Word Prediction: Data Science Capstone Project

Quinton Barrington

Introduction

This Capstone project from Coursera & Johns Hopkins University (JHU) show cases the students ability to create a usable public data product. For this final class project, JHU partnered with SwiftKey (http://swiftkey.com/en/) to apply data science in the area of natural language processing.

The objective of this project was to build a working predictive text model. The data used in the model came from a corpus called HC Corpora (www.corpora.heliohost.org). A corpus is body of text, usually containing a large number of sentences. [1]

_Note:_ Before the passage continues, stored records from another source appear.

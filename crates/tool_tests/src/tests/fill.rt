use super::*;
use std::test::Fail;

const ONE: &[u8] = b"made 1\nevicted 1\nfindings 0\nrecords 0\n";

const TWO: &[u8] = b"made 2\nevicted 1\nfindings 0\nrecords 1\n";

// By the sizes of the files, of which those of the lowest numbers go: a later one is used later. So it is in a real
// folder.
const MANY: &[u8] = b"made 200\nevicted 99\nfindings 0\nrecords 101\n";

const THOUSANDS: &[u8] = b"made 2000\nevicted 1011\nfindings 0\nrecords 989\n";

// Each on a disk on which nothing stands.
const FILLS: [Row<'static>; 13] = [
    ("1000 fill 1 1", b"", Status::Done, ONE),
    // The longer body goes: 17 KB and 6 KB stand, and half of them is 11.
    ("1000 fill 2 1", b"", Status::Done, TWO),
    // It comes out the same twice.
    ("1000 fill 200 7", b"", Status::Done, MANY),
    ("1000 fill 200 7", b"", Status::Done, MANY),
    ("1000 fill 2000 7", b"", Status::Done, THOUSANDS),
    // Other words are malformed.
    ("1000 fill", b"", Status::Words, b""),
    ("1000 fill 1", b"", Status::Words, b""),
    ("1000 fill 0 1", b"", Status::Words, b""),
    ("1000 fill 100001 1", b"", Status::Words, b""),
    ("1000 fill 1 1 1", b"", Status::Words, b""),
    ("1000 fill 01 1", b"", Status::Words, b""),
    ("1000 fill 1 4294967296", b"", Status::Words, b""),
    ("1000 fill -1 1", b"", Status::Words, b""),
];

fn fills_so(alloc: Global, row: &Row<'_>) -> Result<bool, Fail> {
    let mut disk = MemDisk::new(alloc);
    comes_so(alloc, &mut disk, row)
}

#[test]
fn half_is_evicted_and_other_words_are_malformed(rt: HostRuntime) -> Result<(), Fail> {
    for index in 0..FILLS.len() {
        assert!(rt; fills_so(rt.alloc(), &FILLS[index])?, "row {index}");
    }
    Ok(())
}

[1] http://desilinguist.org/pdf/crossroads.pdf

Algorithm Development

The algorithm developed to predict the next word in a user-entered text string was based on a classic N-gram model. [2] Using a subset of cleaned data from blogs, twitter, and news Internet files, Maximum Likelihood Estimation (MLE) of unigrams, bigrams, and trigrams were computed. To improve accuracy, Jelinek-Mercer smoothing was used in the algorithm, combining trigram, bigram, and unigram probabilities. [3] Where interpolation failed, part-of-speech tagging (POST) was employed to provide default predictions by part of speech. [4] Suggested word completion was based on the unigrams. A profanity filter was also utilized on all output using Google's bad words list. [5]

[2] http://en.wikipedia.org/wiki/N-gram [3] http://www.ee.columbia.edu/~stanchen/papers/h015l.final.pdf [4] http://en.wikipedia.org/wiki/Part-of-speech_tagging [5] https://badwordslist.googlecode.com/files/badwords.txt

The Shiny Application

Using the algorithm, a Shiny (http://shiny.rstudio.com/) application was developed that accepts a phrase as input, suggests word completion from the unigrams, and predicts the most likely next word based on the linear interpolation of trigrams, bigrams, and unigrams. The web-based application can be found at (https://templar32.shinyapps.io/Capstone/).

Using the Application

Using the application is easy and the user begins by typing some text without punctuation in the supplied input box. As the user types, the text is echoed in the field below along with a suggested word completion. At the bottom of the screen, the predicted next word in the phrase is shown.

This application has many educational and commercial uses. The files used in the application only occupy about twenty four kilobytes thus making it easy to download and use.